* [WORK INSTRUCTION]: Go through the following data and transcribe exactly the stretch of lines from the one holding "none has committed." to the one holding "λ d. record", both included.

* [RECORD SET]:
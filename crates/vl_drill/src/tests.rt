use crate::drill::Drill;
use crate::seen::Seen;
use crate::turn::Turn;
use std::test::Fail;

// What is seen of session k stands at bit k: the sessions with a statement in progress, then those with an open
// transaction. A turn is its session with the statement that it asks, no bytes where it makes a step, and none at the
// end. Seed 1, 18 statements; worked out by a program of its own.
static TURNS: [(u8, u8, Option<(u8, &[u8])>); 33] = [
    (
        0b00000000,
        0b00000000,
        Some((6, b"INSERT INTO t1 (id, u) VALUES (870, 34)")),
    ),
    (
        0b00000000,
        0b00000000,
        Some((3, b"INSERT INTO t1 (id, u) VALUES (89, 746)")),
    ),
    (
        0b00000000,
        0b00000000,
        Some((3, b"INSERT INTO t1 (id, u) VALUES (400, 34)")),
    ),
    (
        0b00000000,
        0b00000000,
        Some((
            4,
            b"INSERT INTO t1 (id, u) VALUES (9223372036854776140, 365)",
        )),
    ),
    (
        0b00000000,
        0b00000000,
        Some((3, b"UPDATE t1 SET u = 669 WHERE id = 410")),
    ),
    (
        0b00000000,
        0b00000000,
        Some((0, b"INSERT INTO t1 (id, u) VALUES (121, 968)")),
    ),
    (
        0b00000000,
        0b00000000,
        Some((7, b"SELECT COUNT (*) FROM t1 WHERE u = 708")),
    ),
    (
        0b00000000,
        0b00000000,
        Some((5, b"INSERT INTO t1 (id, u) VALUES (786, 858)")),
    ),
    (0b00000000, 0b00000000, Some((4, b"BEGIN"))),
    (
        0b01001001,
        0b01010101,
        Some((7, b"INSERT INTO t1 (id, u) VALUES (80, 861)")),
    ),
    (0b01001001, 0b01010101, Some((6, b""))),
    (
        0b01001001,
        0b01010101,
        Some((
            4,
            b"INSERT INTO t1 (id, u) VALUES (9223372036854776202, 522)",
        )),
    ),
    (0b01001001, 0b01010101, Some((0, b""))),
    (
        0b01001001,
        0b01010101,
        Some((
            4,
            b"INSERT INTO t1 (id, u) VALUES (9223372036854775808, 718)",
        )),
    ),
    (0b01001001, 0b01010101, Some((3, b""))),
    (
        0b01001001,
        0b01010101,
        Some((
            7,
            b"INSERT INTO t1 (id, u) VALUES (9223372036854776270, 748)",
        )),
    ),
    (
        0b01001001,
        0b01010101,
        Some((
            5,
            b"INSERT INTO t1 (id, u) VALUES (9223372036854775891, 856)",
        )),
    ),
    (0b01001001, 0b01010101, Some((2, b"COMMIT"))),
    (
        0b01001001,
        0b01010101,
        Some((
            2,
            b"INSERT INTO t1 (id, u) VALUES (9223372036854775916, 975)",
        )),
    ),
    (0b01001001, 0b01010101, Some((4, b"COMMIT"))),
    (0b01001001, 0b01010101, Some((6, b""))),
    (
        0b01001001,
        0b01010101,
        Some((7, b"DELETE FROM t1 WHERE id = 9223372036854776755")),
    ),
    (0b01010010, 0b00000000, Some((1, b""))),
    (0b01010010, 0b00000000, Some((4, b""))),
    (0b01010010, 0b00000000, Some((6, b""))),
    (0b01010010, 0b00000000, Some((1, b""))),
    (0b00010000, 0b00100100, Some((4, b""))),
    (0b00000100, 0b00100100, Some((2, b""))),
    (0b00000000, 0b00100100, Some((2, b"COMMIT"))),
    (0b00000100, 0b00100000, Some((2, b""))),
    (0b00000000, 0b00100000, Some((5, b"COMMIT"))),
    (0b00000000, 0b00100010, None),
    (0b00000000, 0b00000000, None),
];

fn seen_at(busy: u8, tx: u8) -> [Seen; 8] {
    [1, 2, 4, 8, 16, 32, 64, 128].map(|bit: u8| Seen {
        busy: busy & bit != 0,
        tx: tx & bit != 0,
    })
}

#[test]
fn turns_of_seed_1(rt: HostRuntime) -> Result<(), Fail> {
    let alloc = rt.alloc();
    let mut drill = Drill::new(18, 1);
    for (busy, tx, want) in &TURNS {
        let turn = drill.next(alloc, &seen_at(*busy, *tx))?;
        match (turn, want) {
            (Turn::Step(session), Some((by, b""))) => assert!(rt; session == *by),
            (Turn::Ask(session, stmt), Some((by, text))) => {
                assert!(rt; session == *by);
                let print = vl_sql::print(alloc, &stmt)?;
                assert!(rt; print.as_slice() == *text);
            }
            (Turn::End, None) => {}
            (turn, _) => assert!(rt; false, "{turn:?}"),
        }
    }
    Ok(())
}
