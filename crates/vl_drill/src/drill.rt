ghost use Rattle.std.specs.Prelude.{◌≡◌, ◌<◌, IfOk, OnErr, length};
ghost use Rattle.vl_drill.specs.Turns.{at_end, at_work, next, next_busy, started};

use crate::generator::Generator;
use crate::seen::Seen;
use crate::sessions::{first_open, next_busy};
use crate::statements::draw_statement;
use crate::turn::Turn;
use std::alloc::{AllocError, Global};
use std::marker::Model;
use vl_sql::stmt::Stmt;

/// The work of eight sessions: how many statements are still to be asked, and the generator; and for
/// the end from which session on the next step is made, and from which on none has committed.
#[derive(Debug, Drop)]
pub struct Drill {
    left: u32,
    generator: Generator,
    stepped: u8,
    committed: u8,
}

impl Model for Drill {
    ghost use Rattle.std.specs.Prelude.{◌≤◌};
    ghost use Rattle.vl_drill.specs.Drilling.{Drilling};

    ghost Value = { Drilling };

    ghost view = { λ d. record { left = d.left; state = d.generator.state; stepped = d.stepped; committed = d.committed } };

    ghost invariant = { λ d. (d.stepped ≤ 8) × (d.committed ≤ 8) };
}

impl Drill {
    /// So many statements, drawn from a seed.
    pub fn new(statements: u32, seed: u64) -> Drill
        ensures { result ≡ started statements seed }
    {
        Drill {
            left: statements,
            generator: Generator { state: seed },
            stepped: 0,
            committed: 0,
        }
    }

    // All was asked: steps, then commits, then the end. No memory is taken.
    fn next_at_end(&mut self, seen: &[Seen; 8]) -> Turn
        ensures { (result, self.new) ≡ at_end self.old seen.now (next_busy self.old.stepped seen.now) }
    {
        if let Some(session) = next_busy(seen, self.stepped) {
            self.stepped = session + 1;
            return Turn::Step(session);
        }
        if let Some(session) = first_open(seen, self.committed) {
            self.committed = session + 1;
            return Turn::Ask(session, Stmt::Commit);
        }
        Turn::End
    }

    // A session is drawn: it goes on with its statement, or asks a new one.
    fn next_at_work(&mut self, alloc: Global, seen: &[Seen; 8]) -> Result<Turn, AllocError>
        requires { 0 < self.old.left }
        ensures ok { IfOk result (λ turn. (turn, self.new) ≡ at_work self.old seen.now) }
        ensures err { OnErr result (self.new ≡ self.old) }
    {
        let mut generator = self.generator;
        let session = generator.draw(8);
        let Seen { busy, tx } = seen[session as usize];
        if busy {
            self.generator = generator;
            return Ok(Turn::Step(session as u8));
        }
        let stmt = draw_statement(alloc, tx, &mut generator)?;
        self.generator = generator;
        self.left -= 1;
        Ok(Turn::Ask(session as u8, stmt))
    }

    /// The next turn, by what is seen of the eight sessions. After `AllocError` the drill is unchanged.
    pub fn next(&mut self, alloc: Global, seen: &[Seen; 8]) -> Result<Turn, AllocError>
        ensures ok { IfOk result (λ turn. (turn, self.new) ≡ next self.old seen.now) }
        ensures err { OnErr result (self.new ≡ self.old) }
    {
        if self.left == 0 {
            return Ok(self.next_at_end(seen));
        }
        self.next_at_work(alloc, seen)
    }
}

* [ANSWER TO THE PROBLEM]:
/// the end from which session on the next step is made, and from which on none has committed.
#[derive(Debug, Drop)]
pub struct Drill {
    left: u32,
    generator: Generator,
    stepped: u8,
    committed: u8,
}

impl Model for Drill {
    ghost use Rattle.std.specs.Prelude.{◌≤◌};
    ghost use Rattle.vl_drill.specs.Drilling.{Drilling};

    ghost Value = { Drilling };

    ghost view = { λ d. record { left = d.left; state = d.generator.state; stepped = d.stepped; committed = d.committed } };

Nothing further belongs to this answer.